━━━━━ Data to process

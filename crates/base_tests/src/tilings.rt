//! Tests tilings: tiles, bounds, rims, outer neighbours, views, tile lists joined into one list.
ghost use Rattle.std.specs.Prelude.{◌≡◌, IfOk};
ghost use Rattle.tiles.specs.Cutting.{IsWithin};

use crate::texts::expect_numbers;
use std::alloc::Global;
use std::process::Abort;
use std::test::Fail;
use terrain::Place;
use tiles::{Bounds, TileView, Tiling, TilingFault};

const fn place(row: u32, col: u32) -> Place
    ensures { result ≡ record { row = row; col = col } }
{
    Place { row, col }
}

fn cut(rt: &impl Abort, cols: u32, rows: u32, side: u32) -> Tiling
    ensures { result ≡ record { cols = cols; rows = rows; side = side } }
{
    tiling(rt, cols, rows, side).expect(rt, "a tiling")
}

fn tiling(rt: &impl Abort, cols: u32, rows: u32, side: u32) -> Result<Tiling, TilingFault>
    ensures { IfOk result (λ t. t ≡ record { cols = cols; rows = rows; side = side }) }
{
    assert!(rt; 1 <= cols);
    assert!(rt; cols <= 4_096);
    assert!(rt; 1 <= rows);
    assert!(rt; rows <= 4_096);
    Tiling::new(cols, rows, side)
}

/// Returns a place, and asserts that it is in the grid.
fn place_in(rt: &impl Abort, tiling: &Tiling, row: u32, col: u32) -> Place
    ensures { IsWithin tiling.now result }
{
    assert!(rt; row < tiling.rows());
    assert!(rt; col < tiling.cols());
    place(row, col)
}

fn expect_tiles(rt: &impl Abort, cols: u32, rows: u32, side: u32, tiles: u32) {
    let tiling = cut(rt, cols, rows, side);
    assert_eq!(rt; tiling.tiles(), tiles, "{cols} by {rows}, side {side}");
    assert_eq!(rt; tiling.cols(), cols);
    assert_eq!(rt; tiling.rows(), rows);
}

#[test]
fn tile_counts(rt: HostRuntime) {
    expect_tiles(&rt, 256, 256, 1, 65_536);
    expect_tiles(&rt, 4_096, 4_096, 16, 65_536);
    expect_tiles(&rt, 4_096, 4_096, 4_096, 1);
    expect_tiles(&rt, 5, 3, 2, 6);
    expect_tiles(&rt, 1, 1, 1, 1);
}

fn refuses(rt: &impl Abort, cols: u32, rows: u32, side: u32, fault: TilingFault) {
    let refused = tiling(rt, cols, rows, side).err();
    assert_eq!(rt; refused, Some(fault), "{cols} by {rows}, side {side}");
}

#[test]
fn refused_tilings(rt: HostRuntime) {
    refuses(&rt, 257, 256, 1, TilingFault::TooManyTiles);
    refuses(&rt, 4_096, 4_096, 15, TilingFault::TooManyTiles);
    refuses(&rt, 5, 3, 0, TilingFault::BadSide);
    refuses(&rt, 5, 3, 4_097, TilingFault::BadSide);
    refuses(&rt, 4_096, 4_096, 0, TilingFault::BadSide);
}

#[test]
fn tiles_of_places(rt: HostRuntime) {
    let tiling = cut(&rt, 5, 3, 2);
    let tiles = [[0, 0, 1, 1, 2], [0, 0, 1, 1, 2], [3, 3, 4, 4, 5]];
    for row in 0..3 {
        for col in 0..5 {
            let tile = tiling.tile_of(place_in(&rt, &tiling, row, col));
            assert_eq!(rt;
                tile,
                tiles[row as usize][col as usize],
                "row {row}, column {col}"
            );
        }
    }
}

#[test]
fn smaller_tiles_at_the_ends(rt: HostRuntime) {
    let tiling = cut(&rt, 5, 3, 2);
    for (tile, top, left, rows, cols) in [
        (0, 0, 0, 2, 2),
        (1, 0, 2, 2, 2),
        (2, 0, 4, 2, 1),
        (3, 2, 0, 1, 2),
        (4, 2, 2, 1, 2),
        (5, 2, 4, 1, 1),
    ] {
        assert!(rt; tile < tiling.tiles());
        let bounds = Bounds {
            top,
            left,
            rows,
            cols,
        };
        assert_eq!(rt; tiling.bounds(tile), bounds, "tile {tile}");
    }
}

#[test]
fn rim_of_one_tile(rt: HostRuntime) {
    let tiling = cut(&rt, 4, 4, 4);
    for row in 0..4 {
        for col in 0..4 {
            let inside = (row == 1 || row == 2) && (col == 1 || col == 2);
            assert_eq!(rt;
                tiling.on_rim(place_in(&rt, &tiling, row, col)),
                !inside,
                "row {row}, column {col}"
            );
        }
    }
}

/// Appends a place to a text, as `(row,col)`.
fn push_place(rt: &impl Abort, alloc: Global, text: &mut String, place: Place) {
    let word = format!(in alloc; "({},{})", place.row, place.col).expect(rt, "a word");
    text.push_str(word.as_str()).expect(rt, "a text");
}

/// Asserts that the rim of a tile has these places, in this order.
fn has_rim(rt: &impl Abort, alloc: Global, tiling: &Tiling, tile: u32, rim: &str) {
    assert!(rt; tile < tiling.tiles());
    let mut walked = String::new(alloc);
    for next in tiling.rim(tile) {
        push_place(rt, alloc, &mut walked, next);
    }
    assert_eq!(rt; walked.as_str(), rim, "tile {tile}");
}

#[test]
fn rims_in_row_order(rt: HostRuntime) {
    let alloc = rt.alloc();
    let first = "(0,0)(0,1)(0,2)(1,0)(1,2)(2,0)(2,1)(2,2)";
    let alone = cut(&rt, 3, 3, 3);
    has_rim(&rt, alloc, &alone, 0, first);
    let tiling = cut(&rt, 5, 4, 3);
    has_rim(&rt, alloc, &tiling, 0, first);
    has_rim(&rt, alloc, &tiling, 1, "(0,3)(0,4)(1,3)(1,4)(2,3)(2,4)");
    has_rim(&rt, alloc, &tiling, 2, "(3,0)(3,1)(3,2)");
    has_rim(&rt, alloc, &tiling, 3, "(3,3)(3,4)");
}

#[test]
fn rim_of_one_cell_ends(rt: HostRuntime) {
    let tiling = cut(&rt, 5, 3, 2);
    let mut rim = tiling.rim(5);
    assert_eq!(rt; rim.next(), Some(place(2, 4)));
    assert_eq!(rt; rim.next(), None);
    assert_eq!(rt; rim.next(), None);
}

/// Asserts that a cell has this rim number, and that `rim_place` returns the cell for it.
fn has_rim_number(rt: &impl Abort, tiling: &Tiling, row: u32, col: u32, number: u32) {
    let place = place_in(rt, tiling, row, col);
    assert_eq!(rt; tiling.rim_number(place), number, "row {row}, column {col}");
    assert!(rt; number < tiling.rim_number_count());
    assert_eq!(rt; tiling.rim_place(number), place, "number {number}");
}

#[test]
fn rim_cells_numbered_tile_by_tile(rt: HostRuntime) {
    let tiling = cut(&rt, 5, 4, 3);
    assert_eq!(rt; tiling.rim_number_count(), 48);
    assert_eq!(rt; tiling.rim_numbers_of(3), (36, 12));
    for (row, col, number) in [
        (0, 1, 1),
        (2, 1, 4),
        (1, 0, 7),
        (1, 2, 10),
        (1, 4, 22),
        (3, 4, 37),
    ] {
        has_rim_number(&rt, &tiling, row, col, number);
    }
}

#[test]
fn cells_of_bounds_in_row_order(rt: HostRuntime) {
    let bounds = Bounds {
        top: 1,
        left: 2,
        rows: 3,
        cols: 4,
    };
    assert_eq!(rt; bounds.index_of(place(2, 5)), 7);
    assert_eq!(rt; bounds.place_at(7), place(2, 5));
    assert_eq!(rt; bounds.side_count(), 14);
}

/// Asserts which neighbours of a cell are in other tiles, in a grid of 5 by 3.
fn has_outer(rt: &impl Abort, alloc: Global, side: u32, row: u32, col: u32, outer: &str) {
    let tiling = cut(rt, 5, 3, side);
    let place = place_in(rt, &tiling, row, col);
    let mut found = String::new(alloc);
    for next in tiling.outer_neighbours(alloc, place).as_slice() {
        push_place(rt, alloc, &mut found, *next);
    }
    assert_eq!(rt; found.as_str(), outer, "row {row}, column {col}");
}

#[test]
fn neighbours_in_other_tiles(rt: HostRuntime) {
    let alloc = rt.alloc();
    has_outer(&rt, alloc, 2, 1, 1, "(1,2)(2,2)(2,1)(2,0)(0,2)");
    has_outer(&rt, alloc, 2, 2, 4, "(2,3)(1,3)(1,4)");
    has_outer(&rt, alloc, 2, 0, 0, "");
    let around = "(1,2)(2,2)(2,1)(2,0)(1,0)(0,0)(0,1)(0,2)";
    has_outer(&rt, alloc, 1, 1, 1, around);
}

/// Asserts that the view has this cell at a place, or no cell there for `None`.
fn shows(rt: &impl Abort, view: &TileView<'_, u32>, row: u32, col: u32, cell: Option<u32>) {
    let shown = view.at(place(row, col)).copied();
    assert_eq!(rt; shown, cell, "row {row}, column {col}");
}

#[test]
fn view_of_a_tile_and_around(rt: HostRuntime) {
    let tiling = cut(&rt, 5, 3, 2);
    let cells: [u32; 15] = [0, 1, 2, 3, 4, 10, 11, 12, 13, 14, 20, 21, 22, 23, 24];
    let view = tiling.view(&cells, 3);
    assert_eq!(rt; view.bounds().rows, 1);
    expect_numbers(&rt, view.row(0), &[20, 21]);
    for (row, col, cell) in [
        (1, 0, Some(10)),
        (1, 1, Some(11)),
        (1, 2, Some(12)),
        (2, 0, Some(20)),
        (2, 1, Some(21)),
        (2, 2, Some(22)),
        (0, 0, None),
        (1, 3, None),
        (2, 3, None),
        (3, 0, None),
        (u32::MAX, u32::MAX, None),
    ] {
        shows(&rt, &view, row, col, cell);
    }
}

#[test]
fn two_lists_put_back(rt: HostRuntime) -> Result<(), Fail> {
    let tiling = cut(&rt, 3, 1, 2);
    let alloc = rt.alloc();
    let lists = [
        Vec::from_slice(alloc, &[7, 8])?,
        Vec::from_slice(alloc, &[9])?,
    ];
    let whole = tiling.put_back(alloc, &lists)?;
    expect_numbers(&rt, &whole, &[7, 8, 9]);
    Ok(())
}

#[test]
fn six_lists_put_back(rt: HostRuntime) -> Result<(), Fail> {
    let tiling = cut(&rt, 5, 3, 2);
    let alloc = rt.alloc();
    let lists = [
        Vec::from_slice(alloc, &[0, 1, 10, 11])?,
        Vec::from_slice(alloc, &[2, 3, 12, 13])?,
        Vec::from_slice(alloc, &[4, 14])?,
        Vec::from_slice(alloc, &[20, 21])?,
        Vec::from_slice(alloc, &[22, 23])?,
        Vec::from_slice(alloc, &[24])?,
    ];
    let whole = tiling.put_back(alloc, &lists)?;
    let cells: [u32; 15] = [0, 1, 2, 3, 4, 10, 11, 12, 13, 14, 20, 21, 22, 23, 24];
    expect_numbers(&rt, &whole, &cells);
    Ok(())
}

━━━━━━━━━━

→ Goal of the exercise
What is needed is a verbatim copy of every line in the records above from the one containing "assert_eq!(rt; tiling.cols(), cols);" down to the one containing "[3, 3, 4, 4, 5]];", both included, and nothing more.

→ Result
    assert_eq!(rt; tiling.cols(), cols);
    assert_eq!(rt; tiling.rows(), rows);
}

#[test]
fn tile_counts(rt: HostRuntime) {
    expect_tiles(&rt, 256, 256, 1, 65_536);
    expect_tiles(&rt, 4_096, 4_096, 16, 65_536);
    expect_tiles(&rt, 4_096, 4_096, 4_096, 1);
    expect_tiles(&rt, 5, 3, 2, 6);
    expect_tiles(&rt, 1, 1, 1, 1);
}

fn refuses(rt: &impl Abort, cols: u32, rows: u32, side: u32, fault: TilingFault) {
    let refused = tiling(rt, cols, rows, side).err();
    assert_eq!(rt; refused, Some(fault), "{cols} by {rows}, side {side}");
}

#[test]
fn refused_tilings(rt: HostRuntime) {
    refuses(&rt, 257, 256, 1, TilingFault::TooManyTiles);
    refuses(&rt, 4_096, 4_096, 15, TilingFault::TooManyTiles);
    refuses(&rt, 5, 3, 0, TilingFault::BadSide);
    refuses(&rt, 5, 3, 4_097, TilingFault::BadSide);
    refuses(&rt, 4_096, 4_096, 0, TilingFault::BadSide);
}

#[test]
fn tiles_of_places(rt: HostRuntime) {
    let tiling = cut(&rt, 5, 3, 2);
    let tiles = [[0, 0, 1, 1, 2], [0, 0, 1, 1, 2], [3, 3, 4, 4, 5]];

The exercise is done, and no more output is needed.